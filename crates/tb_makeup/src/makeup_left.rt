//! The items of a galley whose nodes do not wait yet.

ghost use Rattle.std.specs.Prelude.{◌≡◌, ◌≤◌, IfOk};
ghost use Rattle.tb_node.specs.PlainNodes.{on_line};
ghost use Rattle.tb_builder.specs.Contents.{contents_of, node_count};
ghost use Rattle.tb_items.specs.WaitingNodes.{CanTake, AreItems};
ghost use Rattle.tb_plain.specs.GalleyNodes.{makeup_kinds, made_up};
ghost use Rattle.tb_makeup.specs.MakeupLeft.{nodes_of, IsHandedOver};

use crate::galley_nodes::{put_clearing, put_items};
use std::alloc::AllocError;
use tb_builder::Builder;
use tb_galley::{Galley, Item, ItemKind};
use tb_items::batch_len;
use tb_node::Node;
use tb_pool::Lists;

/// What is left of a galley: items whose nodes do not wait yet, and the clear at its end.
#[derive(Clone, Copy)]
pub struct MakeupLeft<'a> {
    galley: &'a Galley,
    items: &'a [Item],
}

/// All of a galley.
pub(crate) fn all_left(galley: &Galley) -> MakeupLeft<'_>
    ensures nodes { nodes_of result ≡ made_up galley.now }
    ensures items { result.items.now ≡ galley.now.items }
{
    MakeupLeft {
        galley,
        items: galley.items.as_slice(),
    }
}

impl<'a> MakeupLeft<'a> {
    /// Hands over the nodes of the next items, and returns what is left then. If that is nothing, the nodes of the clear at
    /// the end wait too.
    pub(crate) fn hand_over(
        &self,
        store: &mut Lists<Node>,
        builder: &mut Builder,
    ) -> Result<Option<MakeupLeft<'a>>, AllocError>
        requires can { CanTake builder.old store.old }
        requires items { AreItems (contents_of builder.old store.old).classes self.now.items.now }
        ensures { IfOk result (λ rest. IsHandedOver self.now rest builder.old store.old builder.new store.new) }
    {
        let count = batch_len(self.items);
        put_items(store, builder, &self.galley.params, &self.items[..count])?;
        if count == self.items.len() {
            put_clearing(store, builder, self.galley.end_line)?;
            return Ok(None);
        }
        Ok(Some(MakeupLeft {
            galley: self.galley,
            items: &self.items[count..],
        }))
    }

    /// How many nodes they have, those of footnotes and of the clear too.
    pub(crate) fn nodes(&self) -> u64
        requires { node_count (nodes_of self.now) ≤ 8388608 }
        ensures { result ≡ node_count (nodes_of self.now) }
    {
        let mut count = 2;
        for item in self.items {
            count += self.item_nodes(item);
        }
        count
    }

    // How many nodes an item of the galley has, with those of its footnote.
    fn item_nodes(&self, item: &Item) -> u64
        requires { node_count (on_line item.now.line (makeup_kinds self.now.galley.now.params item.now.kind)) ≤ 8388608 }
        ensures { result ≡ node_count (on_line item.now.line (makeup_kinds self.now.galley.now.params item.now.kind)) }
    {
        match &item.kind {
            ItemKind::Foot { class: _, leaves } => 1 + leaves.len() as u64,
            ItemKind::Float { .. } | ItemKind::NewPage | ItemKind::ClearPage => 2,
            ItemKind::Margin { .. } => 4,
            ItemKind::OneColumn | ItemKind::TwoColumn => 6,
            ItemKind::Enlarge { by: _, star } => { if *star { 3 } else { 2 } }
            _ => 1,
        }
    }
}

• • •

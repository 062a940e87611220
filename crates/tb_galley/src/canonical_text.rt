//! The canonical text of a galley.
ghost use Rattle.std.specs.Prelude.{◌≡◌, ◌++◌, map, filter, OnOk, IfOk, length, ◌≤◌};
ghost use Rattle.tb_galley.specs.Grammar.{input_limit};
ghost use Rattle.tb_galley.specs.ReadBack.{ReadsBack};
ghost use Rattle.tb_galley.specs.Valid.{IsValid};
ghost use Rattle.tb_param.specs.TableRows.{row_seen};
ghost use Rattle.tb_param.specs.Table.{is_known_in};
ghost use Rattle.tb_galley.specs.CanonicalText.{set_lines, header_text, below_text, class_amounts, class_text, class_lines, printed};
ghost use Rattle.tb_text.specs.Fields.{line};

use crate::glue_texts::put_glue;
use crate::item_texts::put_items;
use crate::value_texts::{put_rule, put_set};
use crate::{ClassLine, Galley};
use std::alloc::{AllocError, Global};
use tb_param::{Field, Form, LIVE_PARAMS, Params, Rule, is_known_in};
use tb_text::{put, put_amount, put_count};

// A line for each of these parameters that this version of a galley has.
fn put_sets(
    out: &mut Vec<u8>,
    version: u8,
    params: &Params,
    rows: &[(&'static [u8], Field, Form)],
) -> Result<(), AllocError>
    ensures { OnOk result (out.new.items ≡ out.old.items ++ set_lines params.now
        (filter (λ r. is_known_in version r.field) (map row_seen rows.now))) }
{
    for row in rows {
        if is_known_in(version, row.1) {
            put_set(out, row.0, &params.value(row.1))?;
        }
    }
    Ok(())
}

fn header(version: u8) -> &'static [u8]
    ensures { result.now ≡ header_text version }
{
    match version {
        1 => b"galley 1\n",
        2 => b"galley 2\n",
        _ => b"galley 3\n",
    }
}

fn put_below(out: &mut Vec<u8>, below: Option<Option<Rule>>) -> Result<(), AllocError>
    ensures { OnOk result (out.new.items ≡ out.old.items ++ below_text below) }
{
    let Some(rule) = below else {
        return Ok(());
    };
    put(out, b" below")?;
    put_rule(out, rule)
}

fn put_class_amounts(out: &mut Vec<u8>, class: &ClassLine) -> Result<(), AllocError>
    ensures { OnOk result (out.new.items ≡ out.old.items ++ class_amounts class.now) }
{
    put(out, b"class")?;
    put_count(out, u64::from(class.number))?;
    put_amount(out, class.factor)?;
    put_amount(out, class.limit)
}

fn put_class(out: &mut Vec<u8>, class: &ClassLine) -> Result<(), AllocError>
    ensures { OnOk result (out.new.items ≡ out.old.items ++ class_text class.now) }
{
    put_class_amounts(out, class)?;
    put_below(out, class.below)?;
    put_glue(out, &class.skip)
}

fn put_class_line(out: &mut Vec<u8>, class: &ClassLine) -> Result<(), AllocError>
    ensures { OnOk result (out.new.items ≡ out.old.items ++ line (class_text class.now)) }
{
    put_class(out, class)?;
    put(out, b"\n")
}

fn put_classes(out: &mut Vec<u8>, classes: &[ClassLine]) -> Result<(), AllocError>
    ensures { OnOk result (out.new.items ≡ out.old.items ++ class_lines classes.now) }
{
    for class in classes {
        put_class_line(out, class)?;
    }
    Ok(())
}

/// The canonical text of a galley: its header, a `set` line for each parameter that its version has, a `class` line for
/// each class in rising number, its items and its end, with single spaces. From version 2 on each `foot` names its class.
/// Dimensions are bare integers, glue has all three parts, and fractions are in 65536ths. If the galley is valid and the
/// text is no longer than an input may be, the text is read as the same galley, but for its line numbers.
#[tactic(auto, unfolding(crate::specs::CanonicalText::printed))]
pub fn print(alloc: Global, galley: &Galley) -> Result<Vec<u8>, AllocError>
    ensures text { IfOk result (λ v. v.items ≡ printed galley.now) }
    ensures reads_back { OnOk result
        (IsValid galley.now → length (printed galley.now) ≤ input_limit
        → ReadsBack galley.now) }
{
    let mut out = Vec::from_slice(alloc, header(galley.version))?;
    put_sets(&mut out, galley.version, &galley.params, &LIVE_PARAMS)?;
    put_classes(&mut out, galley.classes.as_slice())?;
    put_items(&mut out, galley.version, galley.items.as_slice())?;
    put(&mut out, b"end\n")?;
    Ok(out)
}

• • •

* [Instructions for the task]: Which of the lines above carry the string "CanTake"? Copy every one.

* [Answer space]:
ghost use Rattle.tb_items.specs.WaitingNodes.{CanTake, AreItems};
        requires can { CanTake builder.old store.old }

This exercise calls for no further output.